Offline reinforcement learning (RL) fundamentally requires solving two coupled challenges: faithfully modeling the behavior distribution to ensure constraint satisfaction, and maximizing a value function to achieve policy improvement. As the community moves towards large-scale, multimodal datasets (e.g., OGBench (Park et al., 2025)), the first challenge, modeling, has necessitated the use of highly expressive generative policies, particularly Diffusion Models and Flow Matching (Lipman et al., 2023; Sohl-Dickstein et al., 2015). These iterative models excel at capturing complex, non-Gaussian behavior manifolds that traditional unimodal policies fail to represent.

However, extracting a high-value policy from these generative models presents a stark expressivity-optimizability dilemma. Directly optimizing the iterative generation process (solving ODEs/SDEs) for Q-values requires backpropagating through the solver (BPTT), which is computationally prohibitive and numerically unstable. To circumvent this, recent state-of-the-art methods like Flow Q-Learning (FQL) (Park, Li, et al., 2025) attempt to distill the iterative flow into a one-step generator (Figure 1b) to enable tractable joint optimization. We argue that this compression creates a critical expressivity bottleneck. By forcing the complex, iterative generation process into a single step, these methods sacrifice the very modeling capacity they sought to achieve, failing to cover the multimodal support of the dataset and resulting in suboptimal, collapsed policies.

Method#

The philosophy underpinning DeFlow is a structural disentanglement of policy learning. We posit that forcing a single generative model to simultaneously master density estimation (Behavior Cloning) and value maximization (RL) creates a competing objective landscape. To resolve this, we propose a functionally decoupled architecture that leverages the strengths of both worlds.
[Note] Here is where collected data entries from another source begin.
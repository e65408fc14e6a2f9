//! The wire: frames that come from it, and the pump that gives them to the device.
ghost use Rattle.std.specs.Prelude.{◌≡◌};

use crate::until::Until;
use device_lock::Share;
use guest_memory::GuestMem;
use rand_pcg::Pcg32;
use rand_pcg::rand_core::Rng;
use std::sync::Wait;
use std::sync::ledger::Ledger;
use std::thread::yield_now;
use std::time::Clock;
use wire_frame::{Frame, FrameLimit};
use wire_pump::{FrameReceiver, FrameSender, LockedDoor, PumpEnd, pump};

/// The longest frame that comes.
const LONGEST: usize = 1518;

/// The header of a frame of guest `from`, or of the wire, which is 255: to a guest, or to all where chance wills.
pub fn head(value: u32, from: u8) -> [u8; 14] {
    let mut head = [0; 14];
    if value % 16 == 0 {
        head[..6].copy_from_slice(&[0xff; 6]);
    } else {
        head[0] = 2;
        head[5] = ((value >> 8) % 64) as u8;
    }
    head[6] = 2;
    head[11] = from;
    head[12] = 8;
    head
}

/// Sends frames until it is over or the pump is gone, and then that there are no more. How many were sent.
pub fn feed<R: Wait + Clock>(rt: &R, sender: &mut FrameSender, until: Until, seed: u64) -> u64 {
    let mut chance = Pcg32::new(seed, 255);
    let mut bytes = [0; LONGEST];
    let mut sent = 0u64;
    let Some(limit) = FrameLimit::new(LONGEST as u16) else {
        return 0;
    };
    for _ in rt.forever() {
        if until.is_over(rt, sent) {
            break;
        }
        let value = chance.next_u32();
        bytes[..14].copy_from_slice(&head(value, 255));
        let length = 60 + (value >> 16) as usize % (LONGEST - 59);
        let Ok(frame) = Frame::new(&bytes[..length], limit) else {
            break;
        };
        if !sender.frame(rt, frame) {
            break;
        }
        sent = sent.wrapping_add(1);
    }
    sender.last(rt);
    sent
}

/// Gives the frames that come to the device, until there are no more. Where the history is full it waits for it to be folded,
/// or ends if it is not.
pub fn pumping<M: GuestMem, L: Ledger, R: Wait>(
    rt: &R,
    mut receiver: FrameReceiver,
    mut door: LockedDoor<M, L>,
    is_folded: bool,
) -> Share<L> {
    for _ in rt.forever() {
        match pump(&mut receiver, rt, &mut door) {
            PumpEnd::Full(_) if is_folded => yield_now(),
            _ => break,
        }
    }
    door.into_share()
}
We formulate the policy as a composite function, where the final action $a$ is derived from a Base Flow $\mu_\psi$ adjusted by a Refinement Module $f_\phi$ :

a = \underbrace{\text{sg}[\mu_\psi(s, z)]}_{\text{Fixed Proposal}} + f_\phi(s, \underbrace{\text{sg}[\mu_\psi(s, z)]}_{\text{Context}}), \quad z \sim \mathcal{N}(0, I)

Here, $\text{sg}[\cdot]$ denotes the stop-gradient operator. In this paradigm, $\mu_\psi$ acts as a multi-step flow matching model that faithfully learns the behavior manifold, providing a high-quality proposal action. The module $f_\phi$ , implemented as a lightweight MLP, learns an optimal residual to shift this proposal toward high-value regions.
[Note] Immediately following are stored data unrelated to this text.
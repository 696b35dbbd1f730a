//! A ladder: levels compared as numbers.
ghost use Rattle.std.specs.Prelude.{◌≤◌};

/// A ladder of 1 to 16 levels.
#[derive(Clone, Copy)]
pub struct Ladder {
    pub(crate) levels: u32,
    ghost some: { 1 ≤ levels },
    ghost few: { levels ≤ 16 },
}
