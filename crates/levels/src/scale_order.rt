//! A scale is an order.
ghost use Rattle.std.specs.Prelude.{◌≡◌};
ghost use Rattle.levels.specs.Tables.{looked_up};
ghost use Rattle.levels.specs.Scales.{scaled, scaled_meets};

use super::order::Order;
use super::scale::{Pair, Scale};

impl Scale {
    /// What the order says of two levels; nothing where one is no level.
    fn pair(&self, a: u32, b: u32) -> Option<Pair>
        ensures { result ≡ looked_up self.now.count self.now.pairs a b }
    {
        (a < self.count && b < self.count).then(|| self.pairs[(16 * a + b) as usize])
    }
}

impl Order for Scale {
    ghost ranks = { scaled };

    ghost meets = { scaled_meets };

    ghost lawful = { λ s. s.lawful };

    ghost meeting = { λ s. s.meeting };

    fn count(&self) -> u32 {
        self.count
    }

    fn at_or_below(&self, a: u32, b: u32) -> bool {
        self.pair(a, b).is_some_and(|pair| pair.below)
    }

    fn meet(&self, a: u32, b: u32) -> u32 {
        self.pair(a, b).map_or(0, |pair| u32::from(pair.meet))
    }
}
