//! Any order written out as a scale, which compares and meets as the order does.
ghost use Rattle.std.specs.Prelude.{◌≡◌, ℕ, ◌<◌, slice_index_or};
ghost use Rattle.levels.specs.Tables.{no_pair, said_at};
ghost use Rattle.levels.specs.Scales.{scaled, scaled_meets};

use super::order::Order;
use super::scale::{Pair, Scale};
use std::array;

/// What an order says of the two levels at a place of the table.
fn pair_at<O: Order>(order: &O, place: usize) -> Pair
    requires { place < 256 }
    ensures { result ≡ said_at (O.Order.ranks order.now) (O.Order.meets order.now) place }
{
    let (a, b) = (place as u32 / 16, place as u32 % 16);
    Pair {
        below: order.at_or_below(a, b),
        meet: order.meet(a, b) as u8,
    }
}

/// What an order says of each two levels.
fn pairs<O: Order>(order: &O) -> [Pair; 256]
    ensures { (k : ℕ) → k < 256 → slice_index_or result k no_pair ≡ said_at (O.Order.ranks order.now) (O.Order.meets order.now) k }
{
    array::from_fn(|place| pair_at(order, place))
}

/// Writes an order out.
pub fn written_out<O: Order>(order: &O) -> Scale
    ensures ranks { scaled result ≡ O.Order.ranks order.now }
    ensures meets { scaled_meets result ≡ O.Order.meets order.now }
{
    Scale {
        count: order.count(),
        pairs: pairs(order),
    }
}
To train the refinement module, we employ the method of Lagrange multipliers. We first apply Q-Normalization to the RL objective to mitigate the scale variance of $Q$ -values across different environments. We then introduce a learnable Lagrangian multiplier $\alpha$ (where $\alpha > 0$ ). The loss function for the refinement module $f_\phi$ is defined as:

\mathcal{L}_{\text{Refine}}(\phi) = \mathbb{E}_{s, z} \left[ -\frac{Q(s, \text{sg}[a_{\text{flow}}]+\Delta a)}{\text{sg}[|Q_{\text{mean}}|]} + \alpha \cdot \|\Delta a\|^2 \right].

Mirroring the automated entropy tuning found in Soft Actor-Critic (SAC), $\alpha$ is automatically adjusted to satisfy the constraint by minimizing:

\mathcal{L}(\alpha) = \mathbb{E}_{s, z} \left[ -\alpha \cdot \text{sg}(\|\Delta a\|^2 - \delta) \right].
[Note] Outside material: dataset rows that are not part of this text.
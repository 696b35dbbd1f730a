//! An order written out.
ghost use Rattle.meaning.specs.Levels.{Lawful, Meeting};
ghost use Rattle.levels.specs.Tables.{table_order, table_meets};

/// What an order says of two levels: whether the first is at or below the second, and their meet.
#[derive(Clone, Copy)]
pub(crate) struct Pair {
    pub(crate) below: bool,
    pub(crate) meet: u8,
}

/// A plain table of an order: its count, and what it says of the levels a and b at 16 × a + b. The order is lawful, and its meets are
/// greatest lower bounds.
#[derive(Clone, Copy)]
pub struct Scale {
    pub(crate) count: u32,
    pub(crate) pairs: [Pair; 256],
    ghost lawful: { Lawful (table_order count pairs) },
    ghost meeting: { Meeting (table_order count pairs) (table_meets count pairs) },
}
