//! Sets: levels are the sets of up to four members, compared by inclusion.
ghost use Rattle.std.specs.Prelude.{◌≤◌};

/// The sets of 0 to 4 members: level numbers are masks of members.
#[derive(Clone, Copy)]
pub struct SetOrder {
    pub(crate) members: u32,
    ghost few: { members ≤ 4 },
}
Beyond its performance in static datasets, the decoupled nature of DeFlow offers a principled framework for the transition from offline pre-training to online fine-tuning. In the online phase, a notorious challenge is maintaining the integrity of the learned behavioral prior while allowing for further exploration. Under our paradigm, the Base Flow $\mu_\psi$ can be effectively frozen to serve as a high-fidelity manifold anchor, significantly reducing the computational overhead and stabilizing the distribution. Meanwhile, the Refinement Module $f_\phi$ retains its plasticity, evolving to capture new high-reward regions with the auto-tuned multiplier $\alpha$ .

Experiments#

Our experiments are conducted on 73 challenging offline RL tasks and 15 O2O RL tasks.

Offline Results

DeFlow achieves SOTA or near-SOTA performance on the majority of benchmarks, with significant margins in highly multimodal tasks like cube-double-play and puzzle-3x3-play. This superiority validates DeFlow’s capability to model complex action distributions where prior methods struggle due to limited expressivity. Notably, DeFlow achieves these results without extensive hyperparameter tuning, demonstrating both robustness and simplicity.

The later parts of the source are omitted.